*** Opening of STUDY MATERIAL ***

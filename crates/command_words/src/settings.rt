//! The values of options among the words.
ghost use Rattle.std.specs.Prelude.{◌≡◌, ◌↔◌, ℕ, List, All, Contains, IfNone, IfSome, IfOk, IsTrue, Some, Err, true, length};
ghost use Rattle.clap.specs.Words.{first_value, found_of};
ghost use Rattle.command_words.specs.Setting.{IsValue, SetsEach};
ghost use Rattle.command_words.specs.inside.Parsed.{are_names, dashed_all, names, values_by};
ghost use Rattle.command_words.specs.inside.Split.{texts};

use crate::command::WordsError;
use crate::parsed::matches_for;
use crate::table::{CommandText, OptionText};
use clap::ArgMatches;
use std::alloc::Global;

/// Whether the word may be the value of an option: it is not empty, does not begin with `-` and has no line feed in it.
fn is_value(word: &str) -> bool
    ensures { IsTrue result ↔ IsValue word.now }
{
    let bytes = word.as_bytes();
    match bytes {
        [] => false,
        [first, ..] => *first != b'-' && !bytes.contains(&b'\n'),
    }
}

/// Whether the word is one of these.
pub(crate) fn is_among(words: &[&str], word: &str) -> bool
    ensures { IsTrue result ↔ Contains (texts words.now) word.now }
{
    for other in words {
        if *other == word {
            return true;
        }
    }
    false
}

/// The value that the parse gave the option, if it may be one.
fn value_of<'a>(matches: &ArgMatches<'a>, name: &str) -> Option<&'a str>
    ensures none { IfNone result
        ((value : List ℕ) → first_value (found_of matches.now) name.now ≡ Some value → ¬ IsValue value) }
    ensures some { IfSome result (λ value. first_value (found_of matches.now) name.now ≡ Some value.now) }
    ensures is_value { IfSome result (λ value. IsValue value.now) }
{
    let value = matches.get_str(name)?;
    if is_value(value) { Some(value) } else { None }
}

/// The values that the parse gave the options, in their order, if each may be one.
fn values_of<'a>(
    alloc: Global,
    matches: &ArgMatches<'a>,
    options: &[OptionText],
) -> Result<Vec<&'a str>, WordsError>
    ensures values { IfOk result (λ values. values_by (first_value (found_of matches.now)) (names options.now)
        ≡ Some (texts values.items)) }
    ensures are_values { IfOk result (λ values. All IsValue (texts values.items)) }
    ensures count { IfOk result (λ values. length values.items ≡ length options.now) }
    ensures usage { result ≡ Err WordsError.Usage → (values : List (List ℕ)) →
        values_by (first_value (found_of matches.now)) (names options.now) ≡ Some values → ¬ All IsValue values }
{
    let mut values = Vec::new(alloc);
    for option in options {
        let Some(value) = value_of(matches, option.name) else {
            return Err(WordsError::Usage);
        };
        let Ok(()) = values.push(value) else {
            return Err(WordsError::Want);
        };
    }
    Ok(values)
}

/// The values of the options, in their order, where the words set each of them once and nothing else.
///
/// The parse takes `--` at the end, and a value that is empty or begins with `-`, which no command has.
pub(crate) fn option_values<'a>(
    alloc: Global,
    text: &CommandText,
    words: &'a [&'a str],
) -> Result<Vec<&'a str>, WordsError>
    requires { are_names (names text.now.options.now) ≡ true }
    ensures values { IfOk result
        (λ values. SetsEach (dashed_all (names text.now.options.now)) (texts words.now) (texts values.items)) }
    ensures count { IfOk result (λ values. length values.items ≡ length text.now.options.now) }
    ensures usage { result ≡ Err WordsError.Usage → (values : List (List ℕ)) →
        ¬ SetsEach (dashed_all (names text.now.options.now)) (texts words.now) values }
{
    if is_among(words, "--") {
        return Err(WordsError::Usage);
    }
    let matches = match matches_for(alloc, text, words) {
        Ok(matches) => matches,
        Err(error) => return Err(error),
    };
    values_of(alloc, &matches, text.options)
}
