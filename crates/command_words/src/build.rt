//! The command `build`.
ghost use Rattle.std.specs.Prelude.{◌≡◌, ◌∷◌, [], IfOk, Err, codes, length};
ghost use Rattle.command_words.specs.Words.{IsCommand, IsUsage};
ghost use Rattle.command_words.specs.inside.Split.{IsBuildOf, texts};

use crate::apart::are_apart;
use crate::command::{Command, WordsError};
use crate::file_name::FileName;
use crate::settings::option_values;
use crate::table::BUILD;
use std::alloc::{AllocError, Global};

/// The command `build` of the values of its options.
fn build_of(alloc: Global, values: &[&str]) -> Result<Command, AllocError>
    requires { length values.now ≡ 9 }
    ensures { IfOk result (IsBuildOf (texts values.now)) }
{
    Ok(Command::Build {
        lef: FileName::new(alloc, values[0])?,
        cells: FileName::new(alloc, values[1])?,
        def: FileName::new(alloc, values[2])?,
        pdn: FileName::new(alloc, values[3])?,
        bias: FileName::new(alloc, values[4])?,
        out_def: FileName::new(alloc, values[5])?,
        netlist: FileName::new(alloc, values[6])?,
        certificate: FileName::new(alloc, values[7])?,
        report: FileName::new(alloc, values[8])?,
    })
}

/// The command `build` over the words after its name.
pub(crate) fn build(alloc: Global, words: &[&str]) -> Result<Command, WordsError>
    ensures command { IfOk result (IsCommand (codes "build" ∷ texts words.now)) }
    ensures usage { result ≡ Err WordsError.Usage → IsUsage (codes "build" ∷ texts words.now) }
{
    let values = match option_values(alloc, &BUILD, words) {
        Ok(values) => values,
        Err(error) => return Err(error),
    };
    if !are_apart(&values[5..]) {
        return Err(WordsError::Usage);
    }
    match build_of(alloc, &values) {
        Ok(command) => Ok(command),
        Err(_) => Err(WordsError::Want),
    }
}
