//! The words of a unit, by their places in it.
ghost use Rattle.std.specs.Prelude.{◌≡◌, ◌<◌, [], Some, length, map};
ghost use Rattle.reading.specs.Grammar.{AreHeard};
ghost use Rattle.reading.specs.Word.{heard_token};
ghost use Rattle.wiring_file.specs.declared.number.Quantity.{Quantity};
ghost use Rattle.wiring_file.specs.declared.section.Section.{Section};
ghost use Rattle.wiring_file.specs.Fault.{Says};
ghost use Rattle.wiring_file.specs.Number.{numbers_in, quantity_at};
ghost use Rattle.wiring_file.specs.Unit.{text_at, sort_at, is_entry, ends_net, is_place};
ghost use Rattle.wiring_file.specs.inside.Value.{says};

use crate::sort::{Sort, is_the, sort_of};
use reading::Heard;

/// The bytes of the word that has n words before it; none where there is no such word.
pub(crate) fn text_at<'a>(n: usize, unit: &[Heard<'a, i64>]) -> &'a [u8]
    ensures { result.now ≡ text_at n (map heard_token unit.now) }
{
    match unit.get(n) {
        Some(heard) => heard.word.text,
        None => b"",
    }
}

/// The number that the word says which has n words before it.
pub(crate) fn value_at(n: usize, unit: &[Heard<'_, i64>]) -> i64
    ensures { (section : Section) (quantity : Quantity) → AreHeard (says section) [] unit.now →
        quantity_at n (numbers_in section) ≡ Some quantity → n < length unit.now →
        Says quantity n (map heard_token unit.now) result }
{
    match unit.get(n) {
        Some(heard) => heard.value,
        None => 0,
    }
}

/// The sort of the word that has n words before it.
fn sort_at(n: usize, unit: &[Heard<'_, i64>]) -> Sort
    ensures { result ≡ sort_at n (map heard_token unit.now) }
{
    match unit.get(n) {
        Some(heard) => sort_of(&heard.word),
        None => Sort::Other,
    }
}

/// Whether the unit is an entry of the vias or of the nets.
pub(crate) fn is_entry(unit: &[Heard<'_, i64>]) -> bool
    ensures { result ≡ is_entry (map heard_token unit.now) }
{
    is_the(Sort::Minus, sort_at(0, unit))
}

/// Whether the unit ends the wiring of a net.
pub(crate) fn ends_net(unit: &[Heard<'_, i64>]) -> bool
    ensures { result ≡ ends_net (map heard_token unit.now) }
{
    is_the(Sort::Semicolon, sort_at(0, unit))
}

/// Whether the line of wiring has a via.
pub(crate) fn is_place(unit: &[Heard<'_, i64>]) -> bool
    ensures { result ≡ is_place (map heard_token unit.now) }
{
    unit.len() == 10
}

*** Close of STUDY MATERIAL ***

:: PROBLEM DETAILS ::
Copy every line above that includes the string "IfNone".

:: OUTPUT OF THE TASK ::
ghost use Rattle.std.specs.Prelude.{◌≡◌, ◌↔◌, ℕ, List, All, Contains, IfNone, IfSome, IfOk, IsTrue, Some, Err, true, length};
    ensures none { IfNone result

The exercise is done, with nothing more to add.